The Siemens 360° Digitalization Tour, on display at the Siemens stand, shows how the challenges of tomorrow can be met with the digital technologies of today, from flexible manufacturing and intelligent infrastructure to secure, stable and sustainable energy supplies.
Siemens has been a leading provider of technology for infrastructure development in the Middle East for almost 160 years. Focusing on the key areas of electrification and automation, Siemens is enriching this complex infrastructure with digitalization, merging the physical and virtual worlds to drive sustainability.
“Siemens is committed to developing a digital culture across all of our businesses, viewing our infrastructure solutions as a solid foundation on which to build a connected, smart and digitalized network,” said Dietmar Siersdorfer, CEO, Siemens Middle East and UAE. “The digital transformation is enhancing all business sectors, and we believe it will enable us to provide greater value to our partners, and support the Middle East’s development goals by turning data into value, driving sustainability.”
Siemens believes digitalization can be further applied in the region to achieve efficiencies that aid the UAE’s sustainability targets, which include increasing the share of clean energy contribution to 24 percent of total power generation, and mitigating the effects of climate change through preventative measures such as CO2 reduction.

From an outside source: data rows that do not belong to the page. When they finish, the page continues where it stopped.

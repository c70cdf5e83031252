//! The rules of blocks, choices, loops, leaving, assignments and calls; definitions alone. It must not know: the walk over a tree.
#![tactic(auto)]
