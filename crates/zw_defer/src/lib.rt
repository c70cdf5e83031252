//! What leaving scopes runs: the statements that were deferred in them. It must not know: trees, values, stages.
#![tactic(auto)]

mod exits;
mod laws;

pub use exits::{Scope, exit_list};
pub use laws::{exits_are_worked, scopes_one_by_one, statements_in_reverse};
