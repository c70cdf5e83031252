// The statements that leaving scopes runs.
ghost use Rattle.std.specs.Prelude.{◌≡◌, ◌++◌, ◌≤◌, length, IfOk, OnOk};
ghost use Rattle.zw_defer.specs.ScopeExit.{exit_list, left_scope};

use sqlite_items::Items;
use std::alloc::{AllocError as Oom, Global};

/// An open scope: its deferred statements so far, in the order of the text, each with true for `errdefer`.
#[derive(Debug, Drop)]
pub struct Scope {
    pub items: Items<(u32, bool)>,
}

/// The statements that leaving all scopes but the first `keep` runs, in order: those of inner scopes before those of outer
/// ones, and what was deferred later first. `errdefer` statements are among them only where an error is returned (Zig Language
/// Reference 0.13.0, defer and errdefer). The scopes stand from the outermost to the innermost.
pub fn exit_list(alloc: Global, scopes: &[Scope], keep: u32, error: bool) -> Result<Vec<u32>, Oom>
    requires { keep ≤ length scopes.now }
    ensures { IfOk result (λ statements. statements.items ≡ exit_list scopes.now keep error) }
{
    let mut statements = Vec::new(alloc);
    for place in (keep as usize..scopes.len()).rev() {
        leave_scope(&mut statements, scopes[place].items.as_slice(), error)?;
    }
    Ok(statements)
}

/// Appends the statements that leaving one scope runs.
fn leave_scope(statements: &mut Vec<u32>, items: &[(u32, bool)], error: bool) -> Result<(), Oom>
    ensures { OnOk result (statements.new.items ≡ statements.old.items ++ left_scope error items.now) }
{
    for place in (0..items.len()).rev() {
        let (statement, on_error) = items[place];
        if error || !on_error {
            statements.push(statement)?;
        }
    }
    Ok(())
}
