// Which connection, and which member of a path, is served when, in whole lists of exported calls. Definitions are in
// specs/, theorems in proofs/. There is no code.
#![tactic(auto)]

“These are two examples to which Siemens can immediately apply advanced technology, enhanced by digitalization. We are deploying our wind technology in the region, and fluctuations in the power supplied by renewables demand intelligent energy management. Self-learning software can enable a wind farm to predict electricity output over a 72-hour period with 90 percent accuracy, enabling more efficient and stable integration into a mixed grid. Going further, smart grid technologies can reduce the costs of integrating that energy by up to 40 percent,” says Siersdorfer.
Siemens is increasingly viewing traditional infrastructure as a solid foundation on which to build a network of smart devices and systems. In power generation Siemens already uses digitalization to analyze the vast amounts of data produced at a power plant to significantly lower emissions, increase efficiency, improve reliability and lengthen lifecycle.
“In building infrastructure we also have proven, with our award-winning Middle East headquarters in Masdar City, that by using the data from an intelligent building management system it is possible to reduce power and water usage by more than 50 percent. Connecting this infrastructure together, merging the virtual world of data with the physical world, is a key driver of sustainability in the Middle East. We have the technology to do this, today.”
In 2015 Siemens launched its expanded concept of the Internet of Things for industrial applications; the Web of Systems. The Web of Systems is a cornerstone of the company’s digitalization strategy, in which devices and machines such as those produced by Siemens, as well as their interactions in systems, are at
the center of a digitally-networked industrial landscape. It connects the world of data with the real physical world using web technologies to make industrial devices and equipment smart. These smart networked devices interact with and understand one another, enabling engineering to be simplified and devices and systems to be more flexible.